__REQUIREMENT__.
Take the listing below and print exactly the lines starting at the line containing "budget_code soc.now wires limit capture tries into.old)" and ending at the line containing "pub fn tallowwing_show(from: &[u8], into: &mut", both ends included, and no others.

__RECORDS PROVIDED__.
────────────────────────────────────────
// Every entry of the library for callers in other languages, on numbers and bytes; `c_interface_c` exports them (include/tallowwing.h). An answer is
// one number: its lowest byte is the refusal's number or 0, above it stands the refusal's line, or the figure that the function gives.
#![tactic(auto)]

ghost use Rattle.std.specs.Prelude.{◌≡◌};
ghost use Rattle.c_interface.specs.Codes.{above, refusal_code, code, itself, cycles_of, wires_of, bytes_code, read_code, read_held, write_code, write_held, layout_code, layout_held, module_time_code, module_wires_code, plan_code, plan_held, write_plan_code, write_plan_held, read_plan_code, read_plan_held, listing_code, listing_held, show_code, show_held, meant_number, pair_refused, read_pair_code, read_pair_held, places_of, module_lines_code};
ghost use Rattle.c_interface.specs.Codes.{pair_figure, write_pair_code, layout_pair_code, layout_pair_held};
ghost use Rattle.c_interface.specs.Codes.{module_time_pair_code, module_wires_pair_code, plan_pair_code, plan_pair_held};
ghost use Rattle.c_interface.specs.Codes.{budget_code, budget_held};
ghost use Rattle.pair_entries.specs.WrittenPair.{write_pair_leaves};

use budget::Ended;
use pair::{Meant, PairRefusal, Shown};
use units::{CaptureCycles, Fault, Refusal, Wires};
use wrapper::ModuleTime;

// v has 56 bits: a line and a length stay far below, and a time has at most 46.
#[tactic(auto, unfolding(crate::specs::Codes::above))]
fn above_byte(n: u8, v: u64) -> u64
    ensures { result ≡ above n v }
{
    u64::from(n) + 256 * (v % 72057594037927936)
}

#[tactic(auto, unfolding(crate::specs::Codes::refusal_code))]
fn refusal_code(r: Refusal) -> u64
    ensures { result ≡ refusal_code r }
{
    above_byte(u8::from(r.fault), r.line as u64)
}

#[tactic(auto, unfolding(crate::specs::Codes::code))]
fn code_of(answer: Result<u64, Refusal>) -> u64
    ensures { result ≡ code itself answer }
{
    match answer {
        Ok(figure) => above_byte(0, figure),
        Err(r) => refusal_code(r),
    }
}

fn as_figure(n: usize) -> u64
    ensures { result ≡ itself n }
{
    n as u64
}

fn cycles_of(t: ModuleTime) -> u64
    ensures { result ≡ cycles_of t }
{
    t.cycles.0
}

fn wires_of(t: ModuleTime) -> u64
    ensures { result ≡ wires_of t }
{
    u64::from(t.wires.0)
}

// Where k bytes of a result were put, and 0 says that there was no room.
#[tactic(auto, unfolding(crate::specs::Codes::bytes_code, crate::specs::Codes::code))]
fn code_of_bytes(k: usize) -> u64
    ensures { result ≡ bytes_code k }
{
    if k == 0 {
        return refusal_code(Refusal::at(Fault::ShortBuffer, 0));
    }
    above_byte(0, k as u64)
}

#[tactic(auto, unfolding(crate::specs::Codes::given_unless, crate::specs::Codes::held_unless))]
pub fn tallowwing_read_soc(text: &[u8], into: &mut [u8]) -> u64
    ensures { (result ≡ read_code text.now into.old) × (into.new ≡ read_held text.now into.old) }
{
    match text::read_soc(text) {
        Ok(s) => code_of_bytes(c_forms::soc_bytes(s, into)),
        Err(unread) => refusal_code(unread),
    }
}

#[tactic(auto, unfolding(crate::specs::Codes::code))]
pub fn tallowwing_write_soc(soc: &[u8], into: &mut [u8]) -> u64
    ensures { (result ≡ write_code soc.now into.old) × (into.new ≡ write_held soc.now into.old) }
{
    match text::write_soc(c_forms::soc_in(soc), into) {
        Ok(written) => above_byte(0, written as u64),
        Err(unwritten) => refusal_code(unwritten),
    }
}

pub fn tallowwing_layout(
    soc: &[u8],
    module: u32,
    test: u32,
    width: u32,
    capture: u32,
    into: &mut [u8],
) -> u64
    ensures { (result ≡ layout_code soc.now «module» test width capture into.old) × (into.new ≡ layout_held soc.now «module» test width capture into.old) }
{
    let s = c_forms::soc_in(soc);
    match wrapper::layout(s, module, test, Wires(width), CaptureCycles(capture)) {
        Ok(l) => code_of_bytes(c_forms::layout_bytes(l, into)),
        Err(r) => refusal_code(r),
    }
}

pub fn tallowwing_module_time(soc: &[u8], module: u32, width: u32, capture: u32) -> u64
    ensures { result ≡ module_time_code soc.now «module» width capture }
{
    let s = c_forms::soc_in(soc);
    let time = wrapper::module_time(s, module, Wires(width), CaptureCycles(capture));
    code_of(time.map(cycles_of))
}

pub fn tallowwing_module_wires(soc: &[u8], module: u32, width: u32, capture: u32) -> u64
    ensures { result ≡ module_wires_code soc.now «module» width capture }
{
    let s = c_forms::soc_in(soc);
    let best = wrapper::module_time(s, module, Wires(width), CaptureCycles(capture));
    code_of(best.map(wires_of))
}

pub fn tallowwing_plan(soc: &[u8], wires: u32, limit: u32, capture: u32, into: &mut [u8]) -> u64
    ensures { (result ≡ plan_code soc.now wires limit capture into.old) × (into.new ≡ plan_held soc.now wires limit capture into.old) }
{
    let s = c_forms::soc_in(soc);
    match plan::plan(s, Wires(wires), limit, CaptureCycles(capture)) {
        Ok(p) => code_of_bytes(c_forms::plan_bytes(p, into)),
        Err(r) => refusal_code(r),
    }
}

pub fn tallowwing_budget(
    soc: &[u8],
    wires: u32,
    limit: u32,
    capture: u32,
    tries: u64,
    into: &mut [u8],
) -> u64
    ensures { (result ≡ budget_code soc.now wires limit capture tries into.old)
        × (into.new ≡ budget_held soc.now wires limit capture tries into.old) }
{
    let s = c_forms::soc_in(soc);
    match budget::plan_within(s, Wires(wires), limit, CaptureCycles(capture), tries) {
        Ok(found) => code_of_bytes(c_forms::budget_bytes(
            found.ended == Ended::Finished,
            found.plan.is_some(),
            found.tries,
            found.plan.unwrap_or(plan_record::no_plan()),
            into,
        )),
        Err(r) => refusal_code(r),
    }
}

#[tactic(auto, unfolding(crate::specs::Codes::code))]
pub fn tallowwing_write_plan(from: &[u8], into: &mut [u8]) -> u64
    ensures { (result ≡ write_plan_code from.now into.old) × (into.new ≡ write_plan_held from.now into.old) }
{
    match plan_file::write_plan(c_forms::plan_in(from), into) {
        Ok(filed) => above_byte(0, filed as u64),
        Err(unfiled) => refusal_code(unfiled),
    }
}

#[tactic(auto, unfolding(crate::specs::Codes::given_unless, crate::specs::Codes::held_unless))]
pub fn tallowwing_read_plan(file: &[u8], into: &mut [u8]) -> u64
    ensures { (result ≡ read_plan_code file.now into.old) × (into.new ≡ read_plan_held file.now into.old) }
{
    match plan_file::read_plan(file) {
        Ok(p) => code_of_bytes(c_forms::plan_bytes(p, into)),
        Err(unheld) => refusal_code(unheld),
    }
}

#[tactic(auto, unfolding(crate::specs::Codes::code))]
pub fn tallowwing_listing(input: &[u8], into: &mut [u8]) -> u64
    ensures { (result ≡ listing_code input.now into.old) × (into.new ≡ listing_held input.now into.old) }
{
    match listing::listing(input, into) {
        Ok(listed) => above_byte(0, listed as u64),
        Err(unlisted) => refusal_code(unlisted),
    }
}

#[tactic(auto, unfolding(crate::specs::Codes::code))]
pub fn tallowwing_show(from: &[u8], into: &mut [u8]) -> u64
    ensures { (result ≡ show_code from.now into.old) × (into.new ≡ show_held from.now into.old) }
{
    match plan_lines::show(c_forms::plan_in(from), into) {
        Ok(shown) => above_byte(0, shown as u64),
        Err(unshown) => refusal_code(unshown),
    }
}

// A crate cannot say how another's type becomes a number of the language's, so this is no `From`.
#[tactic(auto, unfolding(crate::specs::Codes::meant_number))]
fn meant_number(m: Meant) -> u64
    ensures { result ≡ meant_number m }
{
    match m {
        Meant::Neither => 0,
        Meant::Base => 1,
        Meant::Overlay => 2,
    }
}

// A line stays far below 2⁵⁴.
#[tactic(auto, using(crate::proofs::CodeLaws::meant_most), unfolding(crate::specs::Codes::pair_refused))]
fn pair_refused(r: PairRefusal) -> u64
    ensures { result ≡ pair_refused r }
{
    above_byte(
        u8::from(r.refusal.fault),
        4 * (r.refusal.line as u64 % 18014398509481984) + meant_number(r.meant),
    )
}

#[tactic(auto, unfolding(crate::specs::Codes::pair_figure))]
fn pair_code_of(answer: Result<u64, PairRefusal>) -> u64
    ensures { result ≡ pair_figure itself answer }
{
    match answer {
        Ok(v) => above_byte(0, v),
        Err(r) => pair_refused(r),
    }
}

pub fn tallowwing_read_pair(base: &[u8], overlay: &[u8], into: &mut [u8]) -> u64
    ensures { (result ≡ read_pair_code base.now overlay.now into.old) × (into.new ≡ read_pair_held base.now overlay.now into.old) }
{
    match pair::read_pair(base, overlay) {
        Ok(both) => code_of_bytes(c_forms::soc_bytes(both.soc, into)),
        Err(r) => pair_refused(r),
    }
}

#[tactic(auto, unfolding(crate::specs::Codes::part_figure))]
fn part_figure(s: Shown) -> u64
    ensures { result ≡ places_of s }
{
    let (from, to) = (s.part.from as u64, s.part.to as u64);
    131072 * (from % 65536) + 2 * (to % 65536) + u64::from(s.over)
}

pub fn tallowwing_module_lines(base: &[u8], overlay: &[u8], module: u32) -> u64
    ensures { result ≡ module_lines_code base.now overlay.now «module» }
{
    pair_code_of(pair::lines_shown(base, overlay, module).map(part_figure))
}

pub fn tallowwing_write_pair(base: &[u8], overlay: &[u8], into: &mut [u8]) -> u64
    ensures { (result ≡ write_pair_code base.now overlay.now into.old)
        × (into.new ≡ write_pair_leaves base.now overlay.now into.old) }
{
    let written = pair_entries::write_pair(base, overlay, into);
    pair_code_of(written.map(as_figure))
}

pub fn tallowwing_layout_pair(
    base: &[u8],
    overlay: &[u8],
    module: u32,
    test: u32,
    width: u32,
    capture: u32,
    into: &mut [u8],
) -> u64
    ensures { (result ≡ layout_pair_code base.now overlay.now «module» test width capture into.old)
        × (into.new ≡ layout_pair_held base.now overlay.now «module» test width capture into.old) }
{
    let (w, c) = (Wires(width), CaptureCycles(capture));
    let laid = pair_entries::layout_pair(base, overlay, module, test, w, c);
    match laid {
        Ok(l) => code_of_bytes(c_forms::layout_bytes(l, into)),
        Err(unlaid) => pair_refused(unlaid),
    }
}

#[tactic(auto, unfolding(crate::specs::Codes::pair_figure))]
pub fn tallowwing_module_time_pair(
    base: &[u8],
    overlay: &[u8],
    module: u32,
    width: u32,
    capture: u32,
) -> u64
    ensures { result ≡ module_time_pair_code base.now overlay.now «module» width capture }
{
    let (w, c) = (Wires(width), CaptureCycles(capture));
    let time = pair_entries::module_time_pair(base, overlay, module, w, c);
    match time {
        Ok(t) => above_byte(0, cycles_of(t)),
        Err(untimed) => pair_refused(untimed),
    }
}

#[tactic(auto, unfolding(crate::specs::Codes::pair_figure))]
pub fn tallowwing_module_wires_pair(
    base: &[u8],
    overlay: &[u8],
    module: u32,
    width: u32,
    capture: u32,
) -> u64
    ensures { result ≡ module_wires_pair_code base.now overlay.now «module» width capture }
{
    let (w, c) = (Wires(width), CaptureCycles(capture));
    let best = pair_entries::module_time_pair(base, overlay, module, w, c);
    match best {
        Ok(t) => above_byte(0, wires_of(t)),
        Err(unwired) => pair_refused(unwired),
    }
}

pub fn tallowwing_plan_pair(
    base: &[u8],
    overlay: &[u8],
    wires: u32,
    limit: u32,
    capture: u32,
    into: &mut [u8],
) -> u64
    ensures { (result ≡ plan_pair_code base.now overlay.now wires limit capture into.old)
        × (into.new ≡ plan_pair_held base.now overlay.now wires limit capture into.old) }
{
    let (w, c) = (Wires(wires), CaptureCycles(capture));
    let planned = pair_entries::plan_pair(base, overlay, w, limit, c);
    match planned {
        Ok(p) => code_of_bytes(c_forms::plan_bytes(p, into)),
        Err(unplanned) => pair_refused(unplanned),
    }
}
────────────────────────────────────────
__ANSWER BELOW__.
    ensures { (result ≡ budget_code soc.now wires limit capture tries into.old)
        × (into.new ≡ budget_held soc.now wires limit capture tries into.old) }
{
    let s = c_forms::soc_in(soc);
    match budget::plan_within(s, Wires(wires), limit, CaptureCycles(capture), tries) {
        Ok(found) => code_of_bytes(c_forms::budget_bytes(
            found.ended == Ended::Finished,
            found.plan.is_some(),
            found.tries,
            found.plan.unwrap_or(plan_record::no_plan()),
            into,
        )),
        Err(r) => refusal_code(r),
    }
}

#[tactic(auto, unfolding(crate::specs::Codes::code))]
pub fn tallowwing_write_plan(from: &[u8], into: &mut [u8]) -> u64
    ensures { (result ≡ write_plan_code from.now into.old) × (into.new ≡ write_plan_held from.now into.old) }
{
    match plan_file::write_plan(c_forms::plan_in(from), into) {
        Ok(filed) => above_byte(0, filed as u64),
        Err(unfiled) => refusal_code(unfiled),
    }
}

#[tactic(auto, unfolding(crate::specs::Codes::given_unless, crate::specs::Codes::held_unless))]
pub fn tallowwing_read_plan(file: &[u8], into: &mut [u8]) -> u64
    ensures { (result ≡ read_plan_code file.now into.old) × (into.new ≡ read_plan_held file.now into.old) }
{
    match plan_file::read_plan(file) {
        Ok(p) => code_of_bytes(c_forms::plan_bytes(p, into)),
        Err(unheld) => refusal_code(unheld),
    }
}

#[tactic(auto, unfolding(crate::specs::Codes::code))]
pub fn tallowwing_listing(input: &[u8], into: &mut [u8]) -> u64
    ensures { (result ≡ listing_code input.now into.old) × (into.new ≡ listing_held input.now into.old) }
{
    match listing::listing(input, into) {
        Ok(listed) => above_byte(0, listed as u64),
        Err(unlisted) => refusal_code(unlisted),
    }
}

#[tactic(auto, unfolding(crate::specs::Codes::code))]
pub fn tallowwing_show(from: &[u8], into: &mut [u8]) -> u64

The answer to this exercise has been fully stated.